Stored items:
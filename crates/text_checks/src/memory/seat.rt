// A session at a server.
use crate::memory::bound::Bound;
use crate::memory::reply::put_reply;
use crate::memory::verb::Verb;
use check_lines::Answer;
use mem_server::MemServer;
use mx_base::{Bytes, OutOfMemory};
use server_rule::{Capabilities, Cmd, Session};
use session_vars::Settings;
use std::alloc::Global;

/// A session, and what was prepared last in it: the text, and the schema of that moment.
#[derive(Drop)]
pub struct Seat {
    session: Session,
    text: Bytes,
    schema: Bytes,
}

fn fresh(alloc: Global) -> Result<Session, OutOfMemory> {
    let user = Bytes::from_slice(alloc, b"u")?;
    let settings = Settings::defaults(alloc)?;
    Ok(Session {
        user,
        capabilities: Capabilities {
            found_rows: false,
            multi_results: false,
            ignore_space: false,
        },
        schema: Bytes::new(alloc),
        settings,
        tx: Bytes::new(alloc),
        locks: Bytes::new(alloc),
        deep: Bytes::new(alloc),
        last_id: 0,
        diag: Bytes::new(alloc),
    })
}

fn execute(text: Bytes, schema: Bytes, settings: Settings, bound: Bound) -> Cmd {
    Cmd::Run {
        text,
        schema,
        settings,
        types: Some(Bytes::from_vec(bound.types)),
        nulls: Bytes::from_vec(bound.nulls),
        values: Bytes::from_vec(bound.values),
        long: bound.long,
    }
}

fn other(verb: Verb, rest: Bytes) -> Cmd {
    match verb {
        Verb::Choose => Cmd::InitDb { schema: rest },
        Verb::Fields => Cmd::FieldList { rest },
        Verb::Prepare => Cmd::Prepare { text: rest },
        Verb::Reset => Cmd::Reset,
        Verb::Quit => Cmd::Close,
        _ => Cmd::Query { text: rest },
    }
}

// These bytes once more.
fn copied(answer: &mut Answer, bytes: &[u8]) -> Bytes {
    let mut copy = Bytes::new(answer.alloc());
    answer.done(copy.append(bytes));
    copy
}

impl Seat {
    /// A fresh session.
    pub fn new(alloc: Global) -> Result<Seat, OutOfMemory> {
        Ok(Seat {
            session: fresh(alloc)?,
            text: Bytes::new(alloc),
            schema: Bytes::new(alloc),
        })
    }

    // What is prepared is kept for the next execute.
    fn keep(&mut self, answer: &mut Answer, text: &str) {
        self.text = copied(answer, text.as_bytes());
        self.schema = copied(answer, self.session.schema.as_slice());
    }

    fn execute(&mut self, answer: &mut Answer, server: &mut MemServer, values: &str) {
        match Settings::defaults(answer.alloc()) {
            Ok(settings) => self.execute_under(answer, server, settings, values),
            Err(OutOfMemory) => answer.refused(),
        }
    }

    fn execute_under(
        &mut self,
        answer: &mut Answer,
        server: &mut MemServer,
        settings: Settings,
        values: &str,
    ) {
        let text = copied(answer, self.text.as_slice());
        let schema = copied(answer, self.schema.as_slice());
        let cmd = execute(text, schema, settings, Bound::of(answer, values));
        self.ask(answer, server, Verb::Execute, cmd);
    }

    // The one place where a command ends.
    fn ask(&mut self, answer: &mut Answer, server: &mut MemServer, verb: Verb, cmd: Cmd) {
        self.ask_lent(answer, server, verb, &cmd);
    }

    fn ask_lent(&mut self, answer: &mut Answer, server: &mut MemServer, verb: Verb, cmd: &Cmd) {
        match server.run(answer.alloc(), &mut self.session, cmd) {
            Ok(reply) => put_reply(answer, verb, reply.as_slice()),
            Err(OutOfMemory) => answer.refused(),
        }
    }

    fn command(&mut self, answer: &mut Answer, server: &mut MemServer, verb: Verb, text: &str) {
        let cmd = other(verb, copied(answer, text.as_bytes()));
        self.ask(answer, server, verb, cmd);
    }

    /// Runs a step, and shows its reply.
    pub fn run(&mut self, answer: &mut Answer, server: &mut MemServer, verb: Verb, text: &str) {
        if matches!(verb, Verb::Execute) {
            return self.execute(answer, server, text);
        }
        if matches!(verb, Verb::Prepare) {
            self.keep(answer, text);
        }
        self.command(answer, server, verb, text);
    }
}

==

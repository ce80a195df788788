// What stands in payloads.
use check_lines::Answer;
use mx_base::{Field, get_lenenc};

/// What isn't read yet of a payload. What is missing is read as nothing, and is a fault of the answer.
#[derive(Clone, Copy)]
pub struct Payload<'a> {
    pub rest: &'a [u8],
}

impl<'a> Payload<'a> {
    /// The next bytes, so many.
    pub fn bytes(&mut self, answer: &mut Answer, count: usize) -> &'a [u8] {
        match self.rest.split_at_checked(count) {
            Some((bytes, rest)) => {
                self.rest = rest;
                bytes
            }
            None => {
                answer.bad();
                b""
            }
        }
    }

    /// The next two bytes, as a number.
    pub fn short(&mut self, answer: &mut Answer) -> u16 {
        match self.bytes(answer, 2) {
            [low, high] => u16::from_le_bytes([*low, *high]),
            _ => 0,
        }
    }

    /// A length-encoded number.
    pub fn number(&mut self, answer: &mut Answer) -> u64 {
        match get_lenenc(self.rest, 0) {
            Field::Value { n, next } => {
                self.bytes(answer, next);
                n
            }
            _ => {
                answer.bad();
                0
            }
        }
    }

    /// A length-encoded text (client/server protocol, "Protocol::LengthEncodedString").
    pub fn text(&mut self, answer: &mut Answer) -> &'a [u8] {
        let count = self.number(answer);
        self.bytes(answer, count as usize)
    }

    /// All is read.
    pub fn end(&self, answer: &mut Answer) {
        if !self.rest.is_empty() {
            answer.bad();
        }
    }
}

* * *

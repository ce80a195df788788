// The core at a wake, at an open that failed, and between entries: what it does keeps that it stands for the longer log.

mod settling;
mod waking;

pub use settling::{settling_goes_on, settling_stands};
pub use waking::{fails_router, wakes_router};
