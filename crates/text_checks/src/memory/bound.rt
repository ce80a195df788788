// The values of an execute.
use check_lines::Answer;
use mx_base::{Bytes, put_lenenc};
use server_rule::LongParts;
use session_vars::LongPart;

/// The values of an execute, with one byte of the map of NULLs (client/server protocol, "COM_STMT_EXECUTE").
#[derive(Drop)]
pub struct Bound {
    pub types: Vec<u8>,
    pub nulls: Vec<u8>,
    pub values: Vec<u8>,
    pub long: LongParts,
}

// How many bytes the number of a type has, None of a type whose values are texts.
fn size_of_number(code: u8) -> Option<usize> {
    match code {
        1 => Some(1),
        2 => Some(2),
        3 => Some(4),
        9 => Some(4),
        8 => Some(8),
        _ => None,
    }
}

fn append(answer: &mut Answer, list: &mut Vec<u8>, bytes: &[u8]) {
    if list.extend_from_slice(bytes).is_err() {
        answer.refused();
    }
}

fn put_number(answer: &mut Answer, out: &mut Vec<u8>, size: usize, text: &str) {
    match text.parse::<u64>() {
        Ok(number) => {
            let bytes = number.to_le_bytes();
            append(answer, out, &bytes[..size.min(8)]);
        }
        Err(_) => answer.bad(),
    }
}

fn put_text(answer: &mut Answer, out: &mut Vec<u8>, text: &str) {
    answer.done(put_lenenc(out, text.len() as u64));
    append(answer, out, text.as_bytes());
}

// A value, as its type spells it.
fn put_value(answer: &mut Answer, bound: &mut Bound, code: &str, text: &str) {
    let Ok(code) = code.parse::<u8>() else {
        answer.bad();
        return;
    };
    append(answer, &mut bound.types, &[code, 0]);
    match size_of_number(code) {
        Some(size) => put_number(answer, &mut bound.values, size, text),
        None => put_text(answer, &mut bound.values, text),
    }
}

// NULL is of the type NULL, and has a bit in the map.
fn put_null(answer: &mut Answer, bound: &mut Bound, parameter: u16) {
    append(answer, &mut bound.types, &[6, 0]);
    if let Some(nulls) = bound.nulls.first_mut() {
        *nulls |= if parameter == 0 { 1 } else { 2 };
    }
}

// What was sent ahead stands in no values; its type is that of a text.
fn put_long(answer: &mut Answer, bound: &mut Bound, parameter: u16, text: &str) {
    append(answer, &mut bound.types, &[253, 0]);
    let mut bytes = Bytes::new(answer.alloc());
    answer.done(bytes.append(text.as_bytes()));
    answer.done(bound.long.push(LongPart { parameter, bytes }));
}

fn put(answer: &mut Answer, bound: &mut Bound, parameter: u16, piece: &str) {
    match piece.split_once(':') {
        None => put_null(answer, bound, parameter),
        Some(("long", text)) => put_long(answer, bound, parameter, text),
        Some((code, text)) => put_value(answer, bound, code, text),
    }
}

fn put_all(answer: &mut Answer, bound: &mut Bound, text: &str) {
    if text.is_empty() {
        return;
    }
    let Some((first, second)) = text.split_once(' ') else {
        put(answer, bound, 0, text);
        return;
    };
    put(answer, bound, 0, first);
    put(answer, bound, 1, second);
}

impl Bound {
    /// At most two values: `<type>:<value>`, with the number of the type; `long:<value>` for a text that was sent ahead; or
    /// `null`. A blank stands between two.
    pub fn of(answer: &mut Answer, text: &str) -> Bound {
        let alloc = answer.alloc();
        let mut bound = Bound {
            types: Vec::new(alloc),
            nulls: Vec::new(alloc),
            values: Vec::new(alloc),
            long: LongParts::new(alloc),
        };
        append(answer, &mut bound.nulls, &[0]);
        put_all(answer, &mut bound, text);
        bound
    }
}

Instructions to follow: Go line by line through the records above and copy each one containing "reply".

Solved problem:
use crate::memory::reply::put_reply;
            Ok(reply) => put_reply(answer, verb, reply.as_slice()),
    /// Runs a step, and shows its reply.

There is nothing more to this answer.